◆ **YOUR TASK**: In the material below, transcribe every line from the first through the line holding "use crate::callers::actor_of;", exactly, and stop after that line.

◆ **DATA SHOWN**:

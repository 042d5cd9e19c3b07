ghost use Rattle.std.specs.Prelude.{◌↔◌, IsTrue, true, false};
ghost use Rattle.desk_base.specs.Terms.{IsOne, IsSolutionOf, IsWellFormed};
ghost use Rattle.desk_base.specs.Fitting.{RowFits};
ghost use Rattle.desk_base.specs.Outcomes.{IsCarriedExactly};
ghost use Rattle.session_desk.specs.Calling.{NamesGrain};
ghost use Rattle.session_desk.specs.Commands.{StartRun, StopRun};
ghost use Rattle.session_desk.specs.Rows.{MayStop};

use crate::callers::actor_of;
use desk_base::{Answer, BLANK, Draft, NOTHING, Outcome, Stop, caller_account, known_grain};
use host_base::{GrainId, RunId};
use least_access::Solved;
use share_graph::{Account, Caller, Event, Grain, Refusal, Run, State, live_run};

/// Starts a run of a grain, whose token is drawn: of the grain that a login names and has access to, or that of a
/// bearer's grant. Where a run of it is live nothing is to be done.
pub fn start_run(state: &State, solved: &Solved, caller: &Caller, num: Option<GrainId>) -> Answer
    requires formed { IsWellFormed state.now }
    requires solution { IsSolutionOf state.now.tables solved.now }
    requires named { NamesGrain caller.now num }
    ensures row { IsCarriedExactly (StartRun state.now caller.now num) result }
    ensures one { IsOne (StartRun state.now caller.now num) }
    ensures fits { RowFits state.now true (StartRun state.now caller.now num) }
{
    let actor = actor_of(state, solved, caller, num)?;
    if let Some(_) = live_run(state, actor.grain) {
        return Err(Stop::Same(NOTHING));
    }
    let run = Run {
        num: RunId(state.runs.as_slice().len() as u64 + 1),
        grain: actor.grain,
        digest: BLANK,
        stopped: false,
    };
    let (event, made) = (Event::RunStarted(run), NOTHING);
    Ok(Outcome::Draft(Draft { event, made }))
}

// Whether an account may stop the run of a grain.
fn may_stop(account: &Account, grain: &Grain) -> bool
    ensures { IsTrue result ↔ MayStop account.now grain.now }
{
    grain.owner == account.num || account.admin
}

/// Stops the live run of a grain, which its owner and admins may. Where none is live nothing is to be done.
#[tactic(auto, using(crate::proofs::OneRows::stop_run_one, crate::proofs::FitRows::stop_run_fits))]
pub fn stop_run(state: &State, caller: &Caller, num: GrainId) -> Answer
    requires { IsWellFormed state.now }
    ensures row { IsCarriedExactly (StopRun state.now caller.now num) result }
    ensures one { IsOne (StopRun state.now caller.now num) }
    ensures fits { RowFits state.now false (StopRun state.now caller.now num) }
{
    let account = caller_account(state, caller)?;
    let grain = known_grain(&state.tables, num)?;
    if !may_stop(account, grain) {
        return Err(Stop::Refused(Refusal::NotOwner(num)));
    }
    match live_run(state, num) {
        Some(run) => Ok(Outcome::Change(Event::RunStopped(run.num), NOTHING)),
        None => Err(Stop::Same(NOTHING)),
    }
}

◆ **RESPONSE TO THIS EXERCISE**:
repository 042d5cd9e19c3b07
ghost use Rattle.std.specs.Prelude.{◌↔◌, IsTrue, true, false};
ghost use Rattle.desk_base.specs.Terms.{IsOne, IsSolutionOf, IsWellFormed};
ghost use Rattle.desk_base.specs.Fitting.{RowFits};
ghost use Rattle.desk_base.specs.Outcomes.{IsCarriedExactly};
ghost use Rattle.session_desk.specs.Calling.{NamesGrain};
ghost use Rattle.session_desk.specs.Commands.{StartRun, StopRun};
ghost use Rattle.session_desk.specs.Rows.{MayStop};

use crate::callers::actor_of;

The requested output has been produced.